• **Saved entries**
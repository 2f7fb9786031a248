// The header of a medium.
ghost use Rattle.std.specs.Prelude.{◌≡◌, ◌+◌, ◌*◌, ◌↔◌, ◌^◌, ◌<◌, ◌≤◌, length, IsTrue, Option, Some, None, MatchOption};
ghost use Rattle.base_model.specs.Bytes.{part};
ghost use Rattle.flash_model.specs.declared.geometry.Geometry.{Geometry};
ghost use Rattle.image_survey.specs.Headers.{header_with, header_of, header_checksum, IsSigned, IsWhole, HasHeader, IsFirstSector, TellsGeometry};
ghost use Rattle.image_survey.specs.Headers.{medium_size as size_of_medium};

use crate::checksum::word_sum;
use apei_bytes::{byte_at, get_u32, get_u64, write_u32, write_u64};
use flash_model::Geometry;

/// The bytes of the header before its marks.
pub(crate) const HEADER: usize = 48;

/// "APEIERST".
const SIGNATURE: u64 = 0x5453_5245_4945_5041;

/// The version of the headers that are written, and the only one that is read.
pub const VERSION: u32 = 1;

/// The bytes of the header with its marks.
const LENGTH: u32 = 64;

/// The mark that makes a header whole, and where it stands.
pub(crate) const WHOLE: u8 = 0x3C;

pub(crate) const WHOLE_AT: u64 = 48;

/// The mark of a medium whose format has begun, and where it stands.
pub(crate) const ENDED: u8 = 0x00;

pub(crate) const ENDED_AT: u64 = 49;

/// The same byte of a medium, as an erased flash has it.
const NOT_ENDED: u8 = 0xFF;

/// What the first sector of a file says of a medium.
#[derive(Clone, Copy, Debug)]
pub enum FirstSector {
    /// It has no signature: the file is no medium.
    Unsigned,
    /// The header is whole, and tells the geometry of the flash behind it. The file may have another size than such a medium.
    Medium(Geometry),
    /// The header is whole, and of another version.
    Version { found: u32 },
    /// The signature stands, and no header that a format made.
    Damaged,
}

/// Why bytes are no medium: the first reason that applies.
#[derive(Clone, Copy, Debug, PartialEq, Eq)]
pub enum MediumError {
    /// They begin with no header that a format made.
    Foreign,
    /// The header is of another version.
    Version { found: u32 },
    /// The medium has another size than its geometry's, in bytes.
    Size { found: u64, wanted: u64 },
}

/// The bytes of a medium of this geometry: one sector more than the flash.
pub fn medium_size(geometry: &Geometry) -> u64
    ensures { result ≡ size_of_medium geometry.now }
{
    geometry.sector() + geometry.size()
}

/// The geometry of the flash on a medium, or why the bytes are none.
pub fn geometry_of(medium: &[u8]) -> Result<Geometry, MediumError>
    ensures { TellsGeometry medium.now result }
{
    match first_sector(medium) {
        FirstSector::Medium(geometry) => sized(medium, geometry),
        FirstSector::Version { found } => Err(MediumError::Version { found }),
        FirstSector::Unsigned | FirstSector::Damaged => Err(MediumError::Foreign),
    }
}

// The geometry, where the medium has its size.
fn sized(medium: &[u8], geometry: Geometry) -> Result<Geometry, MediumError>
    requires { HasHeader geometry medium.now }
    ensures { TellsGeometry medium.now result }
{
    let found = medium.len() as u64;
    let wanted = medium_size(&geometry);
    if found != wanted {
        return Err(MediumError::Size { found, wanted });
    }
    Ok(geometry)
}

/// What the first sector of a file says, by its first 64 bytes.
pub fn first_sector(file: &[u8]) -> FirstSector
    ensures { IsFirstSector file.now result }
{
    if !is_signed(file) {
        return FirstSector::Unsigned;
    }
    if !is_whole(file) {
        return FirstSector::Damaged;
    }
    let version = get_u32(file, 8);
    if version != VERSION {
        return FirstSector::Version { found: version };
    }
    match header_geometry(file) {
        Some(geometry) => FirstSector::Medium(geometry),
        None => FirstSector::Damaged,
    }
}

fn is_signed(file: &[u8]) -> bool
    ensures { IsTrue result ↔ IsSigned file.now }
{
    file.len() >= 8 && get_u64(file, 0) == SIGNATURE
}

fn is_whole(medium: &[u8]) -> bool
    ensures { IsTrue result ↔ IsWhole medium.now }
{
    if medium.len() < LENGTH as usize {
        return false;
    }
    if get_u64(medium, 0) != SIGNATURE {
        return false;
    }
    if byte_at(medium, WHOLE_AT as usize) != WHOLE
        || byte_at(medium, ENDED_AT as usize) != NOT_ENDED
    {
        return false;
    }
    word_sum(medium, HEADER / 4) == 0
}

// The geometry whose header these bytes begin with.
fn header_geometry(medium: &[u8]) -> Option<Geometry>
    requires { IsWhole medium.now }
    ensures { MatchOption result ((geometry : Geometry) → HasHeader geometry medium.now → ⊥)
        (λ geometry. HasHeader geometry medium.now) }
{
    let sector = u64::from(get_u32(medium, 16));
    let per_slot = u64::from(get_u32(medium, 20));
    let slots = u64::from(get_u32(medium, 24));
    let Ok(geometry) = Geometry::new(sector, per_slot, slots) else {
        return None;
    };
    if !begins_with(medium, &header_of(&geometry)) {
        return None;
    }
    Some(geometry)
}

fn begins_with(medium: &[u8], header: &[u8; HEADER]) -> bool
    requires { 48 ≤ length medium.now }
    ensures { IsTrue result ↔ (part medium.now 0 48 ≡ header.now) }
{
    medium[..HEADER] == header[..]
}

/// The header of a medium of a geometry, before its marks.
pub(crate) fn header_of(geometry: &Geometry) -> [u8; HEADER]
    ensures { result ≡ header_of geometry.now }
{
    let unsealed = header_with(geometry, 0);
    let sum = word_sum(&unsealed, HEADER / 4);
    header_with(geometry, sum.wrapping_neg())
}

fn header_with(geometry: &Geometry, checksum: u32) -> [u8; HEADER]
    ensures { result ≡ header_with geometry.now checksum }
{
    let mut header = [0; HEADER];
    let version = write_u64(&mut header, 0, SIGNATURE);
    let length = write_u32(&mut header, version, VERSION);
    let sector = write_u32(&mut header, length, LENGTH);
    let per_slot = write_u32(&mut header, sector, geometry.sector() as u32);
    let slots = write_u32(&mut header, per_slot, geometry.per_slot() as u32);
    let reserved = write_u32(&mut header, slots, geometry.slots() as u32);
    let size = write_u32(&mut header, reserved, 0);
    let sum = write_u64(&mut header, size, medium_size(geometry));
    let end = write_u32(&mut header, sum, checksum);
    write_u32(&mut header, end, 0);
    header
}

• **What you will do**
List the lines of the records where "sized" occurs.

• **Task response**
        FirstSector::Medium(geometry) => sized(medium, geometry),
fn sized(medium: &[u8], geometry: Geometry) -> Result<Geometry, MediumError>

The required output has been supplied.